周明遠陡然揚了聲音,語氣沈痛,“聞野!你當真要踏上那條不歸路嗎?前方是萬丈深淵,回頭啊!”

周明遠話音剛落,謝鶴期的身形便陡然一震,空洞漠然的眸中現出了許久未見的悵惘之色。

聞野,是謝鶴期的表字。

鶴鳴於九臯,聲聞於野。

這是範與弼親自為他取的表字。

聞野.....

謝鶴期已經.....有很多年沒有聽到這個稱呼了。

這個稱呼暌違太久,他已經須得怔上片刻,才想起自己也曾有過這樣一個名字。

一時間,聽周明遠喚出這個名字,竟讓謝鶴期心中生出了一絲畏懼。

見謝鶴期沈默,周明遠又踏前一步,目光灼灼,沈聲道:“聞野!謝聞野!你的冤屈、你的仇,我都記得!我從未放棄追查!我一刻都未曾忘卻!我一定會為你討一個公道!所以你給我站住,絕不能就此沈淪,踏上那條萬劫不覆的歧途!“

謝鶴期默了片刻,卻低低地笑了起來,“常人皆道冤有頭,債有主,可是周大人,我的冤無頭,債無主,你又能向誰去討公道呢?”

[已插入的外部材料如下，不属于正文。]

//! Blanks, which stand between the parts of a text and say nothing themselves.
ghost use Rattle.std.specs.Prelude.{◌≡◌};
ghost use Rattle.std.specs.List.{prefix_len, suffix_len};
ghost use Rattle.sql_text.specs.Blank as blanks;
ghost use Rattle.sql_text.specs.Blank.{without_blanks_before, without_blanks_behind, trimmed};

/// Returns whether the byte is a space or a tab.
pub fn is_blank(byte: u8) -> bool
    ensures { result ≡ blanks.is_blank byte }
{
    byte == b' ' || byte == b'\t'
}

// How many blanks stand at the front.
fn blanks_before(text: &[u8]) -> usize
    ensures { result ≡ prefix_len blanks.is_blank text.now }
{
    text.iter().take_while(|b| is_blank(**b)).count()
}

// How many blanks stand at the end.
fn blanks_behind(text: &[u8]) -> usize
    ensures { result ≡ suffix_len blanks.is_blank text.now }
{
    text.iter().rev().take_while(|b| is_blank(**b)).count()
}

/// Returns the text without the blanks at its front.
pub fn trim_start(text: &[u8]) -> &[u8]
    ensures { result.now ≡ without_blanks_before text.now }
{
    text.split_at(blanks_before(text)).1
}

/// Returns the text without the blanks at its end.
pub fn trim_end(text: &[u8]) -> &[u8]
    ensures { result.now ≡ without_blanks_behind text.now }
{
    text.split_at(text.len() - blanks_behind(text)).0
}

/// Returns the text without the blanks at both ends.
#[tactic(auto, unfolding(crate::specs::Blank::trimmed))]
pub fn trim(text: &[u8]) -> &[u8]
    ensures { result.now ≡ trimmed text.now }
{
    trim_end(trim_start(text))
}
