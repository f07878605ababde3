//! Texts that are cut at a byte, and lines.
ghost use Rattle.std.specs.Prelude.{◌≡◌, ◌∷◌, ◌<◌, ◌==◌, length, position, IfSome, IfNone};
ghost use Rattle.std.specs.List.{slice_split};
ghost use Rattle.sql_text.specs.Lines.{lines, parts_behind};

// The first place at which this byte stands.
fn place_of(text: &[u8], at: u8) -> Option<usize>
    ensures { result ≡ position (λ b. b == at) text.now }
{
    text.iter().position(|b| *b == at)
}

/// Returns the part of a text before the first such byte, and what stands behind that byte; or the whole text, where there is none.
pub fn cut(text: &[u8], at: u8) -> (&[u8], Option<&[u8]>)
    ensures parts { slice_split (λ b. b == at) text.now ≡ result.0.now ∷ parts_behind at result.1 }
    ensures whole { IfNone result.1 (result.0.now ≡ text.now) }
    ensures shorter { IfSome result.1 (λ rest. length rest.now < length text.now) }
{
    match place_of(text, at) {
        Some(place) => (&text[..place], Some(&text[place + 1..])),
        None => (text, None),
    }
}
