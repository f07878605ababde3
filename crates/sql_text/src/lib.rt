//! Names, integers and lines, as bytes.
//!
//! A text is a list of bytes. A name is a word that is not reserved, of at most 24 bytes; a value is an integer of 64 bits
//! with an optional sign; a text is cut into lines at each LF; an answer is a line with a name and values.
#![tactic(auto)]

mod blank;
mod key;
pub mod laws;
mod line;
mod name;
mod tuple;
mod value;
mod word;

pub use blank::{is_blank, trim, trim_end, trim_start};
pub use key::{Key, key_of};
pub use line::cut;
pub use name::Name;
pub use tuple::put_tuple;
pub use value::{leading_i64, read_i64};
pub use word::{begins_word, is_letter, is_word, is_word_byte, split_word};
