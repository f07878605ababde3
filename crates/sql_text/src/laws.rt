//! Laws of the definitions, as public functions without a body: the clause is the law.
ghost use Rattle.sql_text.specs.Laws.{CutsAtLineEnd};

/// The lines of a text that is cut at a line end are those of the two pieces, one after the other.
pub fn lines_of_pieces()
    ensures { CutsAtLineEnd }
{}
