//! Integers as text.
ghost use Rattle.std.specs.Prelude.{◌≡◌, ◌+◌, ◌-◌, ◌*◌, ◌^◌, take, drop, nat_lt, IsTrue, if◌then◌else◌, None};
ghost use Rattle.std.specs.List.{prefix_len};
ghost use Rattle.sql_text.specs.Word.{is_digit};
ghost use Rattle.sql_text.specs.Value as values;
ghost use Rattle.sql_text.specs.Value.{amount, value_of, signed, sign_len, integer_len, IsKept};

// Whether a minus begins the text.
fn is_negative(text: &[u8]) -> bool
    ensures { result ≡ values.is_negative text.now }
{
    match text {
        [] => false,
        [first, ..] => *first == b'-',
    }
}

// Whether a plus begins the text.
fn has_plus(text: &[u8]) -> bool
    ensures { result ≡ values.has_plus text.now }
{
    match text {
        [] => false,
        [first, ..] => *first == b'+',
    }
}

// Whether a minus begins the text, and what stands behind the sign, or the text where it has none.
fn split_sign(text: &[u8]) -> (bool, &[u8])
    ensures negative { result.0 ≡ values.is_negative text.now }
    ensures behind { result.1.now ≡ drop (sign_len text.now) text.now }
{
    if is_negative(text) {
        return (true, text.split_at(1).1);
    }
    if has_plus(text) {
        return (false, text.split_at(1).1);
    }
    (false, text)
}

// The amount with one more digit behind it, or the largest of 64 bits where no integer of 64 bits has that amount.
fn with_digit(amount: u64, digit: u8) -> u64
    requires { IsTrue (is_digit digit) }
    ensures { result ≡ (if nat_lt amount (2 ^ 60) then amount * 10 + (digit - 48) else 2 ^ 64 - 1) }
{
    if amount < 1 << 60 {
        amount * 10 + u64::from(digit - b'0')
    } else {
        u64::MAX
    }
}

// What `leading_amount` gives, for any number of digits.
fn long_amount(text: &[u8]) -> (u64, usize)
    ensures len { result.1 ≡ prefix_len is_digit text.now }
    ensures amount { IsKept result.0 (amount (take result.1 text.now)) }
{
    let mut amount = 0;
    for (i, byte) in text.iter().enumerate() {
        if !byte.is_ascii_digit() {
            return (amount, i);
        }
        amount = with_digit(amount, *byte);
    }
    (amount, text.len())
}

// The amount that the digits at the front write, as far as an integer of 64 bits can have it; and how many digits there are.
fn leading_amount(text: &[u8]) -> (u64, usize)
    ensures len { result.1 ≡ prefix_len is_digit text.now }
    ensures amount { IsKept result.0 (amount (take result.1 text.now)) }
{
    let mut amount = 0;
    for (i, byte) in text.iter().enumerate() {
        if !byte.is_ascii_digit() {
            return (amount, i);
        }
        if i == 18 {
            return long_amount(text);
        }
        amount = amount * 10 + u64::from(*byte - b'0');
    }
    (amount, text.len())
}

// The integer of an amount that so many digits write, negative or not, where there is a digit and the integer has 64 bits.
fn signed_value(digits: usize, negative: bool, amount: u64) -> Option<i64>
    ensures { result ≡ (if nat_lt 0 digits then signed negative amount else None) }
{
    if digits == 0 {
        return None;
    }
    if negative {
        0i64.checked_sub_unsigned(amount)
    } else {
        i64::try_from(amount).ok()
    }
}

/// Returns the integer at the front of a text, which is a sign or none and then digits, and what stands behind it. None says that
/// there is no digit, or that the integer does not have 64 bits. `+5`, `005` and `-0` are integers.
pub fn leading_i64(text: &[u8]) -> (Option<i64>, &[u8])
    ensures value { result.0 ≡ value_of (take (integer_len text.now) text.now) }
    ensures behind { result.1.now ≡ drop (integer_len text.now) text.now }
{
    let (negative, behind_sign) = split_sign(text);
    let (amount, digits) = leading_amount(behind_sign);
    (
        signed_value(digits, negative, amount),
        behind_sign.split_at(digits).1,
    )
}

/// Returns the integer that the text is: a sign or none, and digits, within 64 bits. `+5`, `005` and `-0` are integers.
pub fn read_i64(text: &[u8]) -> Option<i64>
    ensures { result ≡ value_of text.now }
{
    let (value, behind) = leading_i64(text);
    if behind.is_empty() { value } else { None }
}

泰景六年的科舉舞弊案,它始於司禮監,裹挾了整個京師的權貴,最終在皇權的默許之下,悄然落定。

謝鶴期早已放棄了討公道的執念。

因為他發現自己的公道根本不存在,最終的兇手,也不僅僅是齊思賢和魏忠正。

依照正當的途徑,他永遠不可能手刃仇敵。

舞弊考生的名錄早已焚毀。

難道周明遠還能讓那些手眼通天的權貴們低頭認罪,去逼迫那金口玉言的九五之尊,親口推翻自己禦審親裁的鐵案,然後再為此下一道罪己詔不成?

這無異於撼樹蚍蜉,無異於螳臂擋車。

就算周明遠做到了,翻案了,但他的仕途已經毀掉,他的身體已經殘缺,他所愛之人大多已經青冢亡魂!

曾經救贖他的最後一絲微光,也被命運無情的掐滅!

他謝鶴期的人生,早已經徹底崩塌!

即便他可以放任自己的仇不報,也不能允許任何一個加害過她的人,還活在這世上!

燕珩想要去死,謝鶴期不介意幫他一把!

周明遠沈默了下來,因為他發現,謝鶴期的這個問題,他回答不了。

周明遠目睹著那輛華貴的馬車漸行漸遠,向來堅定決然的眼中,竟然泛起了一絲微紅。